Task details: The answer must be one number: how many lines in the records below contain the string "kept".

Data to examine:
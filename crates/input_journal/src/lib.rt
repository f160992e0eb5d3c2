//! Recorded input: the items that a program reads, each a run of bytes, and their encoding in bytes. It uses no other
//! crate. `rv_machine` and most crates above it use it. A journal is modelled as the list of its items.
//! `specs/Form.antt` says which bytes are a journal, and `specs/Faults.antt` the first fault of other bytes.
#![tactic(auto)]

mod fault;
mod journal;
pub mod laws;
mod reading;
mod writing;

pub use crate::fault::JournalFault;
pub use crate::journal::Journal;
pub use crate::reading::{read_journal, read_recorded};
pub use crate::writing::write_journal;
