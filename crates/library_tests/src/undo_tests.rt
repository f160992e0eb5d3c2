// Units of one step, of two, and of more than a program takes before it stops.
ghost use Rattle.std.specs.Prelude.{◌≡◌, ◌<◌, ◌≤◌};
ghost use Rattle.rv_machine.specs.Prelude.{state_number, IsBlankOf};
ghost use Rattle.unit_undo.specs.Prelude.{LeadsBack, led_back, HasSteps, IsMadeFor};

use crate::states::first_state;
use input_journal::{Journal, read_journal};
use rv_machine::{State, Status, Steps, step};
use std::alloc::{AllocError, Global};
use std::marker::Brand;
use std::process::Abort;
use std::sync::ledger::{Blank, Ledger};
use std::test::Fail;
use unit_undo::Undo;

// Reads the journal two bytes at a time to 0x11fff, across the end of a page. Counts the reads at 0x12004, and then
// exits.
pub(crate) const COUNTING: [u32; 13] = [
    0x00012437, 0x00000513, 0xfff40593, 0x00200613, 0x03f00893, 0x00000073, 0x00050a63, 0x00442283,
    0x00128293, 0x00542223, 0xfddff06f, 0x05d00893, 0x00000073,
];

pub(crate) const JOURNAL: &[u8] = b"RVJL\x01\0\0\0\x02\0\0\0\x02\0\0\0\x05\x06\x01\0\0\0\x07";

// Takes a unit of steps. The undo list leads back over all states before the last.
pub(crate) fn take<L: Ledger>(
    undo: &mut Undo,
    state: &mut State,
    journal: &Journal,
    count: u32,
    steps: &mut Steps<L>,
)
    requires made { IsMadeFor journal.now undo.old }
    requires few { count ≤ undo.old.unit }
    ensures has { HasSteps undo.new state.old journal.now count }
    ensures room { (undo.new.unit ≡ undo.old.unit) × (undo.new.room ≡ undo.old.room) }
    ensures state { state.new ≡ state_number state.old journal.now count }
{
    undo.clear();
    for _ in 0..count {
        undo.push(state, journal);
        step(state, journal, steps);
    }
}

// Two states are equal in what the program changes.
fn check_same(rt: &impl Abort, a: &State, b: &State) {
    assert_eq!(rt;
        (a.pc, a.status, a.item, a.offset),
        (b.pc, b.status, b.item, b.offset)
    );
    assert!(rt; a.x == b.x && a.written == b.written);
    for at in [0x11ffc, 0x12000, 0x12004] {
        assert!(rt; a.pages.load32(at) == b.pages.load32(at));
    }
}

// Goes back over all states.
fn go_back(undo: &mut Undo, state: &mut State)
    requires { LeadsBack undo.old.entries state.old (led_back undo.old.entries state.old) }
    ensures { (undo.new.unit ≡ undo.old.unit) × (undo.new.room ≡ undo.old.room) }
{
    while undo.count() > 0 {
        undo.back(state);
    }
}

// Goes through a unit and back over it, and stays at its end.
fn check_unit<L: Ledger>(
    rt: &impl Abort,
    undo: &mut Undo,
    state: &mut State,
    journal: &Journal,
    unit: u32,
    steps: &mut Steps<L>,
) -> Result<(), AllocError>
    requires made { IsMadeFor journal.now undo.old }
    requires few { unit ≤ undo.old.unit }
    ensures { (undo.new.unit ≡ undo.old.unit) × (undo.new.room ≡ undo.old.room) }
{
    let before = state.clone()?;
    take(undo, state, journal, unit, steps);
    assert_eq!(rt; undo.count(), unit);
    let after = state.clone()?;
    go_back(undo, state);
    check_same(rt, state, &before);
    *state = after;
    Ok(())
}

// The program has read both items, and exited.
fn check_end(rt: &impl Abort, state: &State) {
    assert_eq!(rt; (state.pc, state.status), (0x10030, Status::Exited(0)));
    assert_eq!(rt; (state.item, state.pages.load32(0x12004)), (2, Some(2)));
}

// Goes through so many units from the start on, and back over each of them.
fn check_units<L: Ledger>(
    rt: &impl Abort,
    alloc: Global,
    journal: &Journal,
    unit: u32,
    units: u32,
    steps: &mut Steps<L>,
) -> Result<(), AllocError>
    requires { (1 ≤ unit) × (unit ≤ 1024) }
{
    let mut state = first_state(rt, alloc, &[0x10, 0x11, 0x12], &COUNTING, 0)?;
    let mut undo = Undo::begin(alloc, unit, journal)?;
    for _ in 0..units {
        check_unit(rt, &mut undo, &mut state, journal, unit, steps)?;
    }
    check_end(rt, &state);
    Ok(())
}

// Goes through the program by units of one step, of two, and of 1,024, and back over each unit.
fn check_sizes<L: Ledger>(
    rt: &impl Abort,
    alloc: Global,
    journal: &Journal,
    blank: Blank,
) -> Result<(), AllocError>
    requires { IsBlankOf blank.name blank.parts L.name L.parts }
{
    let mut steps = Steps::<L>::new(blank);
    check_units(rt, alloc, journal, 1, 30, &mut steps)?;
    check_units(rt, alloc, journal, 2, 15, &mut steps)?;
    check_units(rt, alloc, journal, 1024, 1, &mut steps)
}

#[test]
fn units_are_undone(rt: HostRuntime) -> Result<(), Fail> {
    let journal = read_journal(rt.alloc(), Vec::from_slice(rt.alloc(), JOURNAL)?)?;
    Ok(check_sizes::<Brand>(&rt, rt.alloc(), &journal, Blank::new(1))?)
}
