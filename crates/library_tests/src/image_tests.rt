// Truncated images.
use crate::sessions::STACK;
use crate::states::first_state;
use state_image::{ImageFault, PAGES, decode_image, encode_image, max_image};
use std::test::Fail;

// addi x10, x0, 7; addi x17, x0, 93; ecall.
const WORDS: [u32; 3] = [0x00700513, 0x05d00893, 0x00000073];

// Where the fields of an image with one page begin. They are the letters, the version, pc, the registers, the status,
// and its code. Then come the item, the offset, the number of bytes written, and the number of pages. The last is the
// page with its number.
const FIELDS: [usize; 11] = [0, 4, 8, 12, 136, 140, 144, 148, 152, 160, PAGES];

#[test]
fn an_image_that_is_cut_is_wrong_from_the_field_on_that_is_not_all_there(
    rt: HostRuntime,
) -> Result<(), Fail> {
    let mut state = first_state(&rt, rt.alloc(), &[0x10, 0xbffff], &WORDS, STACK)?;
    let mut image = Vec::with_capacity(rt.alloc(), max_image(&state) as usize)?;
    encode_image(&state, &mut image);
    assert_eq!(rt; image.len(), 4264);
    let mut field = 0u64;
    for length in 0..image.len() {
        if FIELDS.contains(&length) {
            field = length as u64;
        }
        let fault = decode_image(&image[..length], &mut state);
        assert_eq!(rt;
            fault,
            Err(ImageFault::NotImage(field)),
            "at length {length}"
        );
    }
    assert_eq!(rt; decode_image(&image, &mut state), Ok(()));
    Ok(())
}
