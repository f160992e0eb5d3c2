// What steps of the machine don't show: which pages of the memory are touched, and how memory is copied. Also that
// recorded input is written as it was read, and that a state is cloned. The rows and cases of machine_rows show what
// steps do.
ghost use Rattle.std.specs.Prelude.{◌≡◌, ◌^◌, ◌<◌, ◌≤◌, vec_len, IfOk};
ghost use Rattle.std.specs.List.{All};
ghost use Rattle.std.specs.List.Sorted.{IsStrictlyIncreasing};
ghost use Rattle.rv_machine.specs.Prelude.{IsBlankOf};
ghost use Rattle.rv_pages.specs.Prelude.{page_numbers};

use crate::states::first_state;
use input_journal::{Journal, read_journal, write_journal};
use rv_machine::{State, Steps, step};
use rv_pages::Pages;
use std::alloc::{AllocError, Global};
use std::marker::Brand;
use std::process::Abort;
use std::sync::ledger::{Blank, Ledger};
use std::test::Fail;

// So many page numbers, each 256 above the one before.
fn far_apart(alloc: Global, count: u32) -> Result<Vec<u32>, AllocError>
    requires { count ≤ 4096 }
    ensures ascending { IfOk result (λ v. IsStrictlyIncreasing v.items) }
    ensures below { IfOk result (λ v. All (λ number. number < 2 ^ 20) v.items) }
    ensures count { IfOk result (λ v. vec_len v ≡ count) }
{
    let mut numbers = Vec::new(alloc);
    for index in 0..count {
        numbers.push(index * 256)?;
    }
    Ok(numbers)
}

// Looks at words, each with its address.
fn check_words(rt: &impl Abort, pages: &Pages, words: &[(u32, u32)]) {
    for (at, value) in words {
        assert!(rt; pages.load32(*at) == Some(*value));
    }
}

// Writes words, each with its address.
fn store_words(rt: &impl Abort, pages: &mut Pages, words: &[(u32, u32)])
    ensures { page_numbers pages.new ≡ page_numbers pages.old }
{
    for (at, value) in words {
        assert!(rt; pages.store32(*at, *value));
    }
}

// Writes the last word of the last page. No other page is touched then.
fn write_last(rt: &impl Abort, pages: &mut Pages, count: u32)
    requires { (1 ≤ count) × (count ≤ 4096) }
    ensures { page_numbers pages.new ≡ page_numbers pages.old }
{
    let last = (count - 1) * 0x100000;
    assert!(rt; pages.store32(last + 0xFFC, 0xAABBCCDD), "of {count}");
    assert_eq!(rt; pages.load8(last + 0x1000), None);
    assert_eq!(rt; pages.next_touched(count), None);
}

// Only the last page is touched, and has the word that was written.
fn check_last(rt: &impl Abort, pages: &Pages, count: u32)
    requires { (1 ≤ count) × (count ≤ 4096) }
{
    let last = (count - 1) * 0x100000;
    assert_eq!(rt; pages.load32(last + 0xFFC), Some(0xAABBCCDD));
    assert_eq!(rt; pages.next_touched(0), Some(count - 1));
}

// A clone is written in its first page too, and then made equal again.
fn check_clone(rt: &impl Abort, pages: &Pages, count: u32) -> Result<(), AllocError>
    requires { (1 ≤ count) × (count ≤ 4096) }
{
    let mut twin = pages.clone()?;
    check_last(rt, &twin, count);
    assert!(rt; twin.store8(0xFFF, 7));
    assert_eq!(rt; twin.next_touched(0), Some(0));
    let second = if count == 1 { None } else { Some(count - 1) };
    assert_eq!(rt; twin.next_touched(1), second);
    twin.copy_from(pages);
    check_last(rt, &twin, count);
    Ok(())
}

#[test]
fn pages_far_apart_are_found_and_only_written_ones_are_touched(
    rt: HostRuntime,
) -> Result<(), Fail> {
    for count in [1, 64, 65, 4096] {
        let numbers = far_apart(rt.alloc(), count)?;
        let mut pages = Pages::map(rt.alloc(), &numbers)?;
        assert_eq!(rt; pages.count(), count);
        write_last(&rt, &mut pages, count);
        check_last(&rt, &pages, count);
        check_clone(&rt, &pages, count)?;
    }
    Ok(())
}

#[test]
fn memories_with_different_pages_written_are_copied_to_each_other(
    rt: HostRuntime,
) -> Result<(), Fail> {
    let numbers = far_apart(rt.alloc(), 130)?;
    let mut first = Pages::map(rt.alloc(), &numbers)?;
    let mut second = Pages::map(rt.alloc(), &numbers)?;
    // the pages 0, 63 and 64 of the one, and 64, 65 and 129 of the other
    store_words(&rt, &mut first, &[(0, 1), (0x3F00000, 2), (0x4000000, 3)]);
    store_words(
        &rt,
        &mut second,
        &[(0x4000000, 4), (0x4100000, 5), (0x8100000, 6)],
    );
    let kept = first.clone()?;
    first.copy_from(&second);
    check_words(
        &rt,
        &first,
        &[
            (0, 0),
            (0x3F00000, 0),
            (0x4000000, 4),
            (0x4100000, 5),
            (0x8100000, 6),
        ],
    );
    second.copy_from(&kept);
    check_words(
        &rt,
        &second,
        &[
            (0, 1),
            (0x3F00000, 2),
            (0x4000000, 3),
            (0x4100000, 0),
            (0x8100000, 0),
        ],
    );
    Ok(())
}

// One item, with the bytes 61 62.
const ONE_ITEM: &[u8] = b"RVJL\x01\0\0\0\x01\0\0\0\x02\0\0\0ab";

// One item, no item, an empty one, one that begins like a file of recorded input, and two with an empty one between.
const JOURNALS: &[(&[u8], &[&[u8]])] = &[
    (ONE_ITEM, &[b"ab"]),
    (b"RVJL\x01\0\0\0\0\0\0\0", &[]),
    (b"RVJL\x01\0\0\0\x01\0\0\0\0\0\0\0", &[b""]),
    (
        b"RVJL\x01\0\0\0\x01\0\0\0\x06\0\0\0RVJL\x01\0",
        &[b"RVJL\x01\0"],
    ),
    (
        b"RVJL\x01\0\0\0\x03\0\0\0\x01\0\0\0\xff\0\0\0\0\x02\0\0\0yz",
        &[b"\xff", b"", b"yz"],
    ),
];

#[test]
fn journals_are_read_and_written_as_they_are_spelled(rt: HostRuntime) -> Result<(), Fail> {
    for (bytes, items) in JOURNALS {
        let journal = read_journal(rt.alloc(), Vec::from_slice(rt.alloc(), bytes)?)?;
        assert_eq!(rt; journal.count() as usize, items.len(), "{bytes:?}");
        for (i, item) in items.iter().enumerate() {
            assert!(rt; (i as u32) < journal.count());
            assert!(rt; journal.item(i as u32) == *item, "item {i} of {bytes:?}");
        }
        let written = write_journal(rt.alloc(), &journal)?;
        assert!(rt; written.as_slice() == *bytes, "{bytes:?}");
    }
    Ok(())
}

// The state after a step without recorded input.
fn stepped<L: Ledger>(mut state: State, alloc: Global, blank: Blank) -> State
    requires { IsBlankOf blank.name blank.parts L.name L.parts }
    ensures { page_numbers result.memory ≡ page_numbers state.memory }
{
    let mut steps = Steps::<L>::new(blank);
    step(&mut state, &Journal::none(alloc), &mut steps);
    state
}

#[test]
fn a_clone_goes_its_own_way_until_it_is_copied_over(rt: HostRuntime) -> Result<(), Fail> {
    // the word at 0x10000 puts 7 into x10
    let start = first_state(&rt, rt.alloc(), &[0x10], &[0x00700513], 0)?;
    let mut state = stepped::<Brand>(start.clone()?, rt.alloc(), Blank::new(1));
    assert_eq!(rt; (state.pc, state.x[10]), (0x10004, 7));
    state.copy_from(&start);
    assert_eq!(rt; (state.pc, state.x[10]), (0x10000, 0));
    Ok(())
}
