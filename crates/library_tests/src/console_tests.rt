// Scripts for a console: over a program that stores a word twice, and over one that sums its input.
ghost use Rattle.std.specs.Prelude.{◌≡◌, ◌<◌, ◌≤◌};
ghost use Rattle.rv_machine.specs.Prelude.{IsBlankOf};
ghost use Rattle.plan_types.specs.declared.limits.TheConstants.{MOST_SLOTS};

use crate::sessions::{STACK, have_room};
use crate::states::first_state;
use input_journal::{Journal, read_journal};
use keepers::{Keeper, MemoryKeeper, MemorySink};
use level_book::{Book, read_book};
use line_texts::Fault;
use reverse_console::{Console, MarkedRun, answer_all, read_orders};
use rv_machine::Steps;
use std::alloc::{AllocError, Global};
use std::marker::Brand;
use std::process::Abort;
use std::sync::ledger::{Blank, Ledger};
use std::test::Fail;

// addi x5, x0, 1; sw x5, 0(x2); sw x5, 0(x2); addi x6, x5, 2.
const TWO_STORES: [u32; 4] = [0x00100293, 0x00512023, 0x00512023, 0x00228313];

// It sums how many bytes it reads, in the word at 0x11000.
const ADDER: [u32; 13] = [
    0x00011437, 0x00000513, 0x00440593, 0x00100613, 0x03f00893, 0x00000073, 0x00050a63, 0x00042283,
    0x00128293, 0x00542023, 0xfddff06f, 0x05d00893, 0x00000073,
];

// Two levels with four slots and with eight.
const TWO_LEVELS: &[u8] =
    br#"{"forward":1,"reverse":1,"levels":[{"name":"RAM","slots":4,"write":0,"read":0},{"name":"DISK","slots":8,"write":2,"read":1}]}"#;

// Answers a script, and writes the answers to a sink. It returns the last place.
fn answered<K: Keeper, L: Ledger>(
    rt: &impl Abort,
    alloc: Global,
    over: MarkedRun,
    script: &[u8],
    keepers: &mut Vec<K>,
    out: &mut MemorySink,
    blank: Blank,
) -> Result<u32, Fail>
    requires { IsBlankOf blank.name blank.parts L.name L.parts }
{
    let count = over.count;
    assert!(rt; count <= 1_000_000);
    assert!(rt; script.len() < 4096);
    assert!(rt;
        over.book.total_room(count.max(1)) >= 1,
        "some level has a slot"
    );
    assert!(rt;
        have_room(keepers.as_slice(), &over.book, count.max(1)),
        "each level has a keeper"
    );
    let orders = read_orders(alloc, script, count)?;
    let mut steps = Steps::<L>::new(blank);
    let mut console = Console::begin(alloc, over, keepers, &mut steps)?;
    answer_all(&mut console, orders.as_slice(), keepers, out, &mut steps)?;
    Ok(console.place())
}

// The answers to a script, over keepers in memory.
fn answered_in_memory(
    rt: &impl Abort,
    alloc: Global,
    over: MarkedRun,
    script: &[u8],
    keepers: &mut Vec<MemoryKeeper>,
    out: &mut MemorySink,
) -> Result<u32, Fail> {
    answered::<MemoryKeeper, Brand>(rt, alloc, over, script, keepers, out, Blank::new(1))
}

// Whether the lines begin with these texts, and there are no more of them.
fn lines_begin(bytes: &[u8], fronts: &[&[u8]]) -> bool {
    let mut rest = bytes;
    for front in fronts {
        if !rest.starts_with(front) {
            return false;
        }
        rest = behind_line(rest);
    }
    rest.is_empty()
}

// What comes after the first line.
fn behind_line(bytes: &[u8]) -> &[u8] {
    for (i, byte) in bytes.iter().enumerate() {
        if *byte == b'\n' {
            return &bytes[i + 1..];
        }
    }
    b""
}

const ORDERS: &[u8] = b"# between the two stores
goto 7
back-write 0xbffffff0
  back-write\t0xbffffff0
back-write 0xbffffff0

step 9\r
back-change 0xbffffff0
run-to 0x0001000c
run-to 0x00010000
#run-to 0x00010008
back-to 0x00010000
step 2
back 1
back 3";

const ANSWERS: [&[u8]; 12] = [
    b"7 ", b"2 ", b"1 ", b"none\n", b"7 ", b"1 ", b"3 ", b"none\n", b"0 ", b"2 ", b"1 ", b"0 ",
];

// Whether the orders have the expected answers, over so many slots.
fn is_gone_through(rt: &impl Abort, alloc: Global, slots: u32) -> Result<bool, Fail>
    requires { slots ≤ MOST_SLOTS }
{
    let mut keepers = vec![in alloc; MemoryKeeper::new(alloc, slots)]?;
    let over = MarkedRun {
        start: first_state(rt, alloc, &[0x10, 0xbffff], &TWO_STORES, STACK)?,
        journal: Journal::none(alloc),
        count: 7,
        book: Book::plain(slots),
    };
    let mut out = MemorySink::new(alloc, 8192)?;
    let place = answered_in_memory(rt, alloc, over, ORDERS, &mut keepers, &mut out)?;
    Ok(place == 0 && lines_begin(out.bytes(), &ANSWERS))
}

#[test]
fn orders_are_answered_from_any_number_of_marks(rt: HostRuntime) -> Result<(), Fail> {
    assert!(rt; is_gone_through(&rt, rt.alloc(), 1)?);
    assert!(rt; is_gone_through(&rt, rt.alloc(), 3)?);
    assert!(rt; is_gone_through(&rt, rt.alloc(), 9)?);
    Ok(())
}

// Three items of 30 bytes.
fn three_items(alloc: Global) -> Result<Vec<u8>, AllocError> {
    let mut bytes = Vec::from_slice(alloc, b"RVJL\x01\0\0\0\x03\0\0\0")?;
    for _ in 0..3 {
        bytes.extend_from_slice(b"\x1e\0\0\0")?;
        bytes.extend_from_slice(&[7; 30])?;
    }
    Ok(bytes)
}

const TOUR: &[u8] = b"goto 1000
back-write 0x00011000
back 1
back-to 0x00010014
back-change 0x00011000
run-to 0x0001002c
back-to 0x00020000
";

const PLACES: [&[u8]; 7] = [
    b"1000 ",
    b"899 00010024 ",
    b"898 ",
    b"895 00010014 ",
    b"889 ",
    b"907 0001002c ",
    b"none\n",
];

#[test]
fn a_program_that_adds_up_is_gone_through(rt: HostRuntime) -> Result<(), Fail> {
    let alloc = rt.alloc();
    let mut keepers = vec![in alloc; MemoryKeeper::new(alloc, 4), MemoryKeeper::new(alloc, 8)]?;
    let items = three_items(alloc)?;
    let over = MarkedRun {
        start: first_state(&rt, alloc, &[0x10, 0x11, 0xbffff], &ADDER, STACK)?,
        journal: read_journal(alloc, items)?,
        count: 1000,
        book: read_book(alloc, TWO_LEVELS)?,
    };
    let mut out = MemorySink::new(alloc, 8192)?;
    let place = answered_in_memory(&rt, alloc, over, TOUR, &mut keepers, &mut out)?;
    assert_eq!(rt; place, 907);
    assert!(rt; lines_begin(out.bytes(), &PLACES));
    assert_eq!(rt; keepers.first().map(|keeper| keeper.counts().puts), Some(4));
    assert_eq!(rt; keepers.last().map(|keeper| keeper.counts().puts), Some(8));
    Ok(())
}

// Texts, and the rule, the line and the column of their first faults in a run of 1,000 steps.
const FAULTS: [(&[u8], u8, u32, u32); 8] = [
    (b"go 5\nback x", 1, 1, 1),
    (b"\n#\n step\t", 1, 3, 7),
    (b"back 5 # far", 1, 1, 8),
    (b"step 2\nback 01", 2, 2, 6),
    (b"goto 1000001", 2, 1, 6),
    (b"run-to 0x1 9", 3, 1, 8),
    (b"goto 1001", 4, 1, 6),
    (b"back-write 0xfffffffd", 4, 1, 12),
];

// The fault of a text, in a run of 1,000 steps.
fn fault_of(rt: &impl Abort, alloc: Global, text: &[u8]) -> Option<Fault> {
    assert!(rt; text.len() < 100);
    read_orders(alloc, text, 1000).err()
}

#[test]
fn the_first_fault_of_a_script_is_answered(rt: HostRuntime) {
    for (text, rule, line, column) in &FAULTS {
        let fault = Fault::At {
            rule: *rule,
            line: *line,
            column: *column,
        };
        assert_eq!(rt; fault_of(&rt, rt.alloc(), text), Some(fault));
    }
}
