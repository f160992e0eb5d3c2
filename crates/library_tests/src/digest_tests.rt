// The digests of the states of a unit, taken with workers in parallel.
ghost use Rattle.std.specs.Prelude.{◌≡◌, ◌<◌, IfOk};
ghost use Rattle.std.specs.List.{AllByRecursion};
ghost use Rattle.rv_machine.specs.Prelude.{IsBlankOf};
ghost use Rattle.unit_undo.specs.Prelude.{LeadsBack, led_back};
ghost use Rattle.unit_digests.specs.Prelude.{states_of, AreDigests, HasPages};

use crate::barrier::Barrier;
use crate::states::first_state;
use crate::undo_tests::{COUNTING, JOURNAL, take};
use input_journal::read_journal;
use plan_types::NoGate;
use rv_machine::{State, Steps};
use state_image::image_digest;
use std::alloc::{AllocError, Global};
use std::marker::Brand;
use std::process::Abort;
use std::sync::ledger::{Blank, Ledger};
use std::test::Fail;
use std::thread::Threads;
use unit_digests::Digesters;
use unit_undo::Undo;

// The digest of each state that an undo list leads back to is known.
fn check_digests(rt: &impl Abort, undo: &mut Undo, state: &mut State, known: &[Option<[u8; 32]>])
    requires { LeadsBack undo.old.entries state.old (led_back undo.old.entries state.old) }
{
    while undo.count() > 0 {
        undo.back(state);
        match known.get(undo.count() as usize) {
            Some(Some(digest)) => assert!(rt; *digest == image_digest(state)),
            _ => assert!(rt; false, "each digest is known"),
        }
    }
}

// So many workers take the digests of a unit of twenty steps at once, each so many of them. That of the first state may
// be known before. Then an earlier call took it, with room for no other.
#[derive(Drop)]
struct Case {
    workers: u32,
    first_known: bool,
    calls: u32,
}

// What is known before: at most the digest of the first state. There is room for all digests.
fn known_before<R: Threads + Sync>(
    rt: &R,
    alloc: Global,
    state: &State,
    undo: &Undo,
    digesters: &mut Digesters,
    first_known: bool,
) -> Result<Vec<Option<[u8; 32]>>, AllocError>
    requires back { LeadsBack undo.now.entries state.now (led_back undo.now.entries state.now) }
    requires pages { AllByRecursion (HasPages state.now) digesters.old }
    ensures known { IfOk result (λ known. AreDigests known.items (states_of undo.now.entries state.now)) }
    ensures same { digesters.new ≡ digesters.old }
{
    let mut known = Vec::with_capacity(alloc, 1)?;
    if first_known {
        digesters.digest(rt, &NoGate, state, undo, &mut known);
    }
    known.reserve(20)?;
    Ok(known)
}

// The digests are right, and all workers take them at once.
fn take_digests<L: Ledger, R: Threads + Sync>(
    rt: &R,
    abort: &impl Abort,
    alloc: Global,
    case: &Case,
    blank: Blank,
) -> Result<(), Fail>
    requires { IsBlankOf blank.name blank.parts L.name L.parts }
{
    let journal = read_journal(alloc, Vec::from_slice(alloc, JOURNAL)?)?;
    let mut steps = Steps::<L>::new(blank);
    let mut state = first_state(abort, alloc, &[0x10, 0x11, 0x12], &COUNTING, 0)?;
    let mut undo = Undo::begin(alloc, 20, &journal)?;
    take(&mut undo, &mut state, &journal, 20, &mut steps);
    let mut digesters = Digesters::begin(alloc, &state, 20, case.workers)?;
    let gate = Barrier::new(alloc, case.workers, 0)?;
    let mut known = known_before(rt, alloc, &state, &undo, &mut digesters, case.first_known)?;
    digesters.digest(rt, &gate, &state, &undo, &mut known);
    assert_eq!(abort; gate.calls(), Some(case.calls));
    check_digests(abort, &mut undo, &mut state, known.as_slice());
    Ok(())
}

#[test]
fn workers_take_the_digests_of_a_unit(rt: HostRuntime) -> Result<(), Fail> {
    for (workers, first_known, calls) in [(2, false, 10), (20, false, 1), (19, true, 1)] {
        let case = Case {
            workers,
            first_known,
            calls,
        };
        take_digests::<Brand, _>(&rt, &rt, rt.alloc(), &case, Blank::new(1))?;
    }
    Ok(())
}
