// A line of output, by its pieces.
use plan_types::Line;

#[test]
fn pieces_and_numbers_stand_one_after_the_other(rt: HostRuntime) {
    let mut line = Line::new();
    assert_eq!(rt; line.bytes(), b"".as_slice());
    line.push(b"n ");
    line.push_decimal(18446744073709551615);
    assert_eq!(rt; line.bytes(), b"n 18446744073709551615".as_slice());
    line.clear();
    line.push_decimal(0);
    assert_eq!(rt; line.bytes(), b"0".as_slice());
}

Answer box: 2